Unlike those institutions, I am not paid to do so. My job is to call the economy as best I see it. That I beat some of the most reputable institutions in the world in identifying the year the recession began – a full 15 months before it happened – would in most people’s books constitute a reason for praise.

That Mercille ignores this renders his analysis partisan and useless. Nor do I apologise for urging people to buy houses for residential – as distinct from financial – investment; I always stressed that residential purchases are for the long term and that private family criterion should drive them. Unless you want to sleep in the garden and rent out your house, rent to value ratios and comparisons with US house price peaks and troughs are ludicrous.

It may be different in Quebec but in this country renting is a highly imperfect substitute for ownership. Poor security of tenure means rent is dead money and involves the risk of moving your family around like nomads. I did urge people to be cautious about the prices they pay. And Mercille is right to say that I urged them to pay no more than 2006 prices.

That’s because I predicted that nominal incomes – which are used by banks to calculate prices – would not fall below 2006 levels and this was a safe floor. Of course I implicitly suggested they pay as little as possible. As CSO earnings data show, nominal incomes are at or above 2006 levels, interest rates are below 2006 levels, employment levels are at late 2004 levels (1.9 million) and the population is 400,000 higher than 2006 levels.

So, somewhere between 2004 and 2006 there ought to be an equilibrium that, once normal lending resumes, can be reached. And no, I didn’t cause our bank lending contraction, although Mercille might try and pin that on me too.

I can claim fair comment in that one, like most others, I didn’t foresee the extent that policies I had argued against would be implemented to the detriment of the banking sector and property markets. Along with meteor strikes, papal resignations and earthquakes, policy errors are hard to forecast. Policy errors are not economic fundamentals. They are rather discretionary decisions by politicians who are about as predictable as Irish weather.

I made my predictions based on fundamentals and they were the best that could be made at the time. Nor can anyone say that – where banks with tier one capital ratios of over 10 per cent and their vaults are stuffed with tens of billions in deposits – that anyone has been proven wrong or right about the housing market for the simple reason that there is no market to speak of. Given mistakes by the last government, and regulatory changes since 2006, price levels in that year are now unrealistic.

But that was not the case when I was commenting. And in a nation whose population has risen by a third of a million in 5 years, mortgage drawdowns are less than a tenth of peak levels when they should be at least half. Only when normal lending resumes can anyone’s call on where the market will settle be judged and when that happens I’ll take fair criticism like anyone else. Like the OECD and Central Bank I believe that between that debt-fuelled frenzy of overvaluation and the equal and opposite extreme of undervaluation lies a happy medium where prices will settle if given a chance.

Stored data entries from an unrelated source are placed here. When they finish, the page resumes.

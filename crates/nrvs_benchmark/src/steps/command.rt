//! The program's words, and what it prints.

use crate::clock::per_second;
use crate::fault::ProgFault;
use crate::steps::calls::steps;
use crate::steps::measure::{Measured, measure};
use crate::steps::scripts::{are_scripts, scripts};
use std::alloc::Global;
use std::rt::Clock;
use std::time::Duration;
use vs_types::{Config, Depth, TABLES};

/// What the program's words ask for.
#[derive(Clone, Copy)]
struct Wanted {
    config: Config,
    /// How many calls each thread makes.
    requests: u32,
}

/// The words are the number of threads, that of replicas, and how many calls all threads make together.
fn parse_words(words: &[String]) -> Result<Wanted, ProgFault> {
    let [threads, replicas, calls] = words else {
        return Err(ProgFault::BadWords);
    };
    let threads = threads.parse::<u16>()?;
    let replicas = replicas.parse::<u8>()?;
    let calls = calls.parse::<u32>()?;
    let config = Config::new(Depth::Four, replicas, threads, TABLES)?;
    if threads % u16::from(replicas.max(1)) != 0 || calls > 65_536 {
        return Err(ProgFault::BadWords);
    }
    Ok(Wanted {
        config,
        requests: calls / u32::from(threads.max(1)),
    })
}

/// Takes the steps, and prints what they came to and how many there were in a second.
pub fn run<R: AllocGlobal + Print + Eprint + Clock>(
    rt: &R,
    words: &[String],
) -> Result<(), ProgFault> {
    let Wanted { config, requests } = parse_words(words)?;
    let (taken, measured) = take_steps(rt, rt.alloc(), config, requests)?;
    print_measured(rt, taken, measured)?;
    print_rate(rt, config, taken, measured.time)
}

/// How many steps there are, and what they came to.
fn take_steps(
    clock: &impl Clock,
    alloc: Global,
    config: Config,
    requests: u32,
) -> Result<(u64, Measured), ProgFault> {
    let steps = steps(alloc, config.threads(), config.replicas(), requests)?;
    let scripts = scripts(alloc, config.threads(), requests)?;
    if !are_scripts(config, &scripts) {
        return Err(ProgFault::BadWords);
    }
    let measured = measure(clock, alloc, config, scripts, &steps)?;
    Ok((steps.len() as u64, measured))
}

fn print_measured<R: Print>(rt: &R, steps: u64, measured: Measured) -> Result<(), ProgFault> {
    let Measured {
        enabled,
        events,
        entries,
        places,
        ..
    } = measured;
    println!(rt; "steps {steps} enabled {enabled}")?;
    println!(rt; "events {events} entries {entries} places {places}")?;
    Ok(())
}

/// Steps a second.
fn print_rate<R: Eprint>(
    rt: &R,
    config: Config,
    steps: u64,
    time: Duration,
) -> Result<(), ProgFault> {
    let (threads, replicas) = (config.threads(), config.replicas());
    let rate = per_second(steps, time);
    eprintln!(rt; "operations a second  {:>12}", "step")?;
    eprintln!(rt; "threads_{threads}_{replicas}          {rate:>12}")?;
    Ok(())
}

Like the man who is caught cold by wearing T-shirts in winter, our regulatory regime is now wearing a heavy coat in June: From low capital adequacy ratios that were too low in the boom, we have overly stringent ones now. Having pleaded for moderation in regulatory and sanity in regulation – heavy coats in winter and T-shirts in summer – I can’t be blamed if someone else catches cold.

Of course the housing market should never drive growth again. But until it at least normalises, the economy won’t grow either. As well as credit, this means one more crucial ingredient: Confidence.

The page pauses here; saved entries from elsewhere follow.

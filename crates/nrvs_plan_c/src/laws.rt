//! What holds of all plans in numbers. The function does nothing: its clause says it.
ghost use Rattle.std.specs.Prelude.{◌<◌, ℕ};
ghost use Rattle.vs_types.specs.Bits.{HasFlagsSet};
ghost use Rattle.nrvs_plan_c.specs.declared.records.kept.Plan.{Plan};
ghost use Rattle.nrvs_plan_c.specs.Told.{IsMadeAgain, store_at};

/// If a store finds its word with other flags, the numbers that `nrvs_plan_again` leaves are those of the plan that `Plan::again` makes,
/// which is right for the memory with that word (`plans_are_right_again`).
pub fn plans_are_made_again()
    ensures { (plan : Plan) (index found : ℕ) → index < plan.store_count
        → HasFlagsSet (store_at plan index).old found → IsMadeAgain plan index found }
{}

As the wise T.K. Whitaker would agree – confidence matters in economics as much as credit and an absence of either can choke a recovery that should otherwise be happening.

And while attempts to blame the media for the crisis are ludicrous, neither is the media exempt from blame: I have constantly stressed that negative coverage was needed, but that it needed also to be constructive and hopeful and the possibility that the absence of this in 2010 played a tipping point role in the bailout of 2010 cannot be discounted: The evidence for this is overwhelming:

By 2010 Ireland had corrected a serious balance of payments deficit, thanks to rapidly improving competitiveness (it has by 2013 improved competitiveness by 20 per cent, according to the harmonised competitiveness index). Our fiscal deficit is now a year away from being in line with the 3 per cent rule, employment has consolidated at 2004 levels and is growing and confidence is gradually returning.

In the last three years we have shown we are not Greece. And yet many were determined to paint us in this way.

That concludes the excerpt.